# The end of the "Heroic Age of Composition"



## Fabulin (Jun 10, 2019)

> *The Heroic Age of Antarctic Exploration* was an era which began at the end of the 19th century, and ended after the First World War; the Shackleton-Rowett Expedition of 1921-22 is often cited by historians as the dividing line between the "Heroic" and "Mechanical" ages.
> 
> The common factor in these expeditions was the limited nature of the resources available to them before advances in transport and communication technologies revolutionized the work of exploration. This meant that each expedition became a feat of endurance that tested, and sometimes exceeded its personnel's physical and mental limits. The "heroic" label, bestowed later, recognized the adversities which had to be overcome by these pioneers".---Wikipedia


In the field of classical music an equivalent would mean [if we compare to the present]: much more limited access to recorded music (or no at all), no online musical libraries, no software, little to no mechanical devices, and as a result:

the necessity to primarily use pencils, paper, and one's own musical talent / and an instrument to compose.

My question is: if we establish a musicological construct such as this, whose death would you say put (or will put?) and end to it? Is the last composer of *The Heroic Age of Composition* already dead, or would you say there is someone still around?


----------



## 1996D (Dec 18, 2018)

Getting the technology to do what you want takes some doing, unless you have the very best of equipment and a team of engineers. Someone like Hans Zimmer has a dozen people behind him; the process is lengthy.

Perhaps as technology improves writing on paper will indeed go out the window, but for now it's still useful.


----------



## Fabulin (Jun 10, 2019)

1996D said:


> Getting the technology to do what you want takes some doing, unless you have the very best of equipment and a team of engineers. Someone like Hans Zimmer has a dozen people behind him; the process is lengthy.
> 
> Perhaps as technology improves writing on paper will indeed go out the window, but for now it's still useful.

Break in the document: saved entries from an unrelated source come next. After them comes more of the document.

//! Where an automaton stands after each beginning of a series whose cells change.

ghost use Rattle.std.specs.Prelude.{◌≡◌, ◌↔◌, ◌<◌, ◌≤◌, ◌+◌, ◌++◌, ◌∷◌, [], IfOk, IsTrue, length, set, take};
ghost use Rattle.ts_automaton.specs.Body.{Body};
ghost use Rattle.ts_automaton.specs.AutomatonRun.{Stands, after, standing_of};
ghost use Rattle.ts_witness.specs.Runs.{IsSide, Runs, cells_in};

use std::alloc::Global;
use ts_automaton::{At, Automaton, Regs};
use ts_base::{Ext, Memory};

/// Where an automaton stands after the cells before a place, and the value of the last of them; at the first place it
/// is the start, whatever the value.
#[derive(Clone, Copy)]
pub(crate) struct Side {
    pub(crate) at: At,
    pub(crate) cell: i64,
}

impl Side {
    /// Whether this is what an automaton has before a place.
    fn is(&self, at: &At, cell: i64) -> bool
        ensures state { IsTrue result → self.now.at ≡ at.now }
        ensures cell { IsTrue result → self.now.cell ≡ cell }
    {
        if self.cell != cell {
            return false;
        }
        if self.at.state != at.state {
            return false;
        }
        are_same(&self.at.regs, &at.regs)
    }
}

/// Whether all registers hold the same.
fn are_same(a: &Regs, b: &Regs) -> bool
    ensures { IsTrue result ↔ (a.now ≡ b.now) }
{
    if !is_one(a.r, b.r) {
        return false;
    }
    if !is_one(a.d, b.d) {
        return false;
    }
    if !is_one(a.c, b.c) {
        return false;
    }
    if !is_one(a.e, b.e) {
        return false;
    }
    is_one(a.f, b.f)
}

/// Whether both are one number.
fn is_one(a: Ext, b: Ext) -> bool
    ensures { IsTrue result ↔ (a ≡ b) }
{
    match (a, b) {
        (Ext::Int(x), Ext::Int(y)) => x == y,
        (Ext::NegInf, Ext::NegInf) | (Ext::PosInf, Ext::PosInf) => true,
        _ => false,
    }
}

/// A series, and of its first cells, as many as are known, where an automaton stands after each.
#[derive(Drop)]
pub(crate) struct Run {
    pub(crate) cells: Vec<i64>,
    pub(crate) states: Vec<At>,
    pub(crate) known: usize,
}

impl Run {
    /// The value of the cell at place `i` from now on. What was known from there on is forgotten.
    pub(crate) fn set(&mut self, i: usize, v: i64)
        requires place { i < length (cells_in self.old) }
        ensures cells { cells_in self.new ≡ set (cells_in self.old) i v }
        ensures runs { (b : Body) → Runs b self.old → Runs b self.new }
    {
        self.cells[i] = v;
        if i < self.known {
            self.known = i;
        }
    }

    /// Where the automaton stands after the cells before place `i` and then the value `v`, once these are known.
    pub(crate) fn arrived(&self, a: &Automaton, i: usize, v: i64) -> At
        requires runs { Runs a.now self.now }
        requires known { i ≤ self.now.known }
        ensures value { standing_of result ≡ after a.now (take i (cells_in self.now) ++ v ∷ []) }
        ensures stands { Stands a.now (standing_of result) }
    {
        if i == 0 {
            return a.start();
        }
        a.step(self.states[i - 1], self.cells[i - 1], v)
    }

    /// Makes the state after one more cell known.
    fn know_next(&mut self, a: &Automaton)
        requires runs { Runs a.now self.old }
        requires left { self.old.known < length (cells_in self.old) }
        ensures runs { Runs a.now self.new }
        ensures cells { cells_in self.new ≡ cells_in self.old }
        ensures known { self.new.known ≡ self.old.known + 1 }
    {
        let i = self.known;
        let at = self.arrived(a, i, self.cells[i]);
        self.states[i] = at;
        self.known = i + 1;
    }

    /// Makes the states after the first `count` cells known.
    fn know(&mut self, a: &Automaton, count: usize)
        requires runs { Runs a.now self.old }
        requires count { count ≤ length (cells_in self.old) }
        ensures runs { Runs a.now self.new }
        ensures cells { cells_in self.new ≡ cells_in self.old }
        ensures known { count ≤ self.new.known }
    {
        while self.known < count {
            self.know_next(a);
        }
    }

    /// Where the automaton stands after the cells before place `i` and then the value `v`.
    pub(crate) fn with(&mut self, a: &Automaton, i: usize, v: i64) -> At
        requires runs { Runs a.now self.old }
        requires place { i < length (cells_in self.old) }
        ensures runs { Runs a.now self.new }
        ensures cells { cells_in self.new ≡ cells_in self.old }
        ensures value { standing_of result ≡ after a.now (take i (cells_in self.old) ++ v ∷ []) }
        ensures stands { Stands a.now (standing_of result) }
    {
        self.know(a, i);
        self.arrived(a, i, v)
    }

    /// What is known beside place `i`: with a value there it decides where the automaton stands next.
    pub(crate) fn side(&mut self, a: &Automaton, i: usize) -> Side
        requires runs { Runs a.now self.old }
        requires place { i < length (cells_in self.old) }
        ensures runs { Runs a.now self.new }
        ensures cells { cells_in self.new ≡ cells_in self.old }
        ensures side { IsSide a.now (cells_in self.old) i result }
    {
        self.know(a, i);
        if i == 0 {
            return Side {
                at: a.start(),
                cell: 0,
            };
        }
        Side {
            at: self.states[i - 1],
            cell: self.cells[i - 1],
        }
    }

    /// Whether this side is what is known beside place `i`, as far as it matters: at the first place nothing does.
    pub(crate) fn has_beside(&mut self, a: &Automaton, i: usize, side: &Side) -> bool
        requires runs { Runs a.now self.old }
        requires place { i < length (cells_in self.old) }
        ensures runs { Runs a.now self.new }
        ensures cells { cells_in self.new ≡ cells_in self.old }
        ensures side { IsTrue result → IsSide a.now (cells_in self.old) i side.now }
    {
        self.know(a, i);
        if i == 0 {
            return true;
        }
        side.is(&self.states[i - 1], self.cells[i - 1])
    }

    /// A run of these cells, of which nothing is known. `filler` stands where nothing is known.
    pub(crate) fn new(alloc: Global, cells: Vec<i64>, filler: At) -> Result<Run, Memory>
        ensures cells { IfOk result (λ r. cells_in r ≡ cells.items) }
        ensures runs { IfOk result (λ r. (b : Body) → Runs b r) }
    {
        let states = vec![in alloc; filler; cells.len()]?;
        Ok(Run {
            cells,
            states,
            known: 0,
        })
    }
}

I write without any software as well, lol. But both you and I can access more recordings than learned men of their time like Glazunov, Rimsky, Reger have ever heard. We can watch three hundred videos about orchestration on Youtube, whereas Beethoven had to walk door-to-door in Vienna to visit knowledgeable people. This is the difference between a mechanical and a heroic age. There is a ton of playback software available as well, as your own published music proves. People back in the day did not have that. They only heard their music once they were fortunate enough to have several dozen professionals in front of them.


----------



## violadude (May 2, 2011)

I don't know if I had to guess it would probably be Prokofiev's generation, maybe a little earlier.


----------



## 1996D (Dec 18, 2018)

Fabulin said:


> I write without any software as well, lol. But both you and I can access more recordings than learned men of their time like Glazunov, Rimsky, Reger have ever heard. We can watch three hundred videos about orchestration on Youtube, whereas Beethoven had to walk door-to-door in Vienna to visit knowledgeable people. This is the difference between a mechanical and a heroic age. There is a ton of playback software available as well, as your own published music proves. People back in the day did not have that. They only heard their music once they were fortunate enough to have several dozen professionals in front of them.

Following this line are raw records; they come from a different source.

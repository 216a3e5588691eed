//! Why ranges make no domain.

ghost use Rattle.std.specs.Prelude.{◌≡◌};
ghost use Rattle.ts_domain.specs.declared.stop.DomainStop.TheVariants.{Memory as NoMemory};

use thiserror::Error;
use ts_base::Memory;

/// There is no range, or one is empty; or there was no memory.
#[derive(Clone, Copy, Debug, PartialEq, Eq, Error)]
pub enum DomainStop {
    #[error("a range is empty, or there is none")]
    Empty,
    #[error("out of memory")]
    Memory,
}

impl From<Memory> for DomainStop {
    ghost from_gives = { λ _ stop. stop ≡ NoMemory };

    fn from(_error: Memory) -> DomainStop {
        DomainStop::Memory
    }
}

Yes, but we have different hardships now, today it's a purely a spiritual battle whereas in the past it was more of a physical one. We might not need to move an inch but the spirit suffers nonetheless.

It's like doing hard labour versus having to deal with moral corruption. Both are equally hard.


----------



## Fabulin (Jun 10, 2019)

1996D said:


> Yes, but we have different hardships now, today it's a purely a spiritual battle whereas in the past it was more of a physical one. We might not need to move an inch but the spirit suffers nonetheless.
> 
> It's like doing hard labour versus having to deal with moral corruption. Both are equally hard.


What moral corruption?


----------



## 1996D (Dec 18, 2018)

Fabulin said:


> What moral corruption?


Any hardship that's not physical. You can argue that it's the world that brings it or that it's yourself, depending on how you view things.


----------



## Fabulin (Jun 10, 2019)

1996D said:


> Any hardship that's not physical. You can argue that it's the world that brings it or that it's yourself, depending on how you view things.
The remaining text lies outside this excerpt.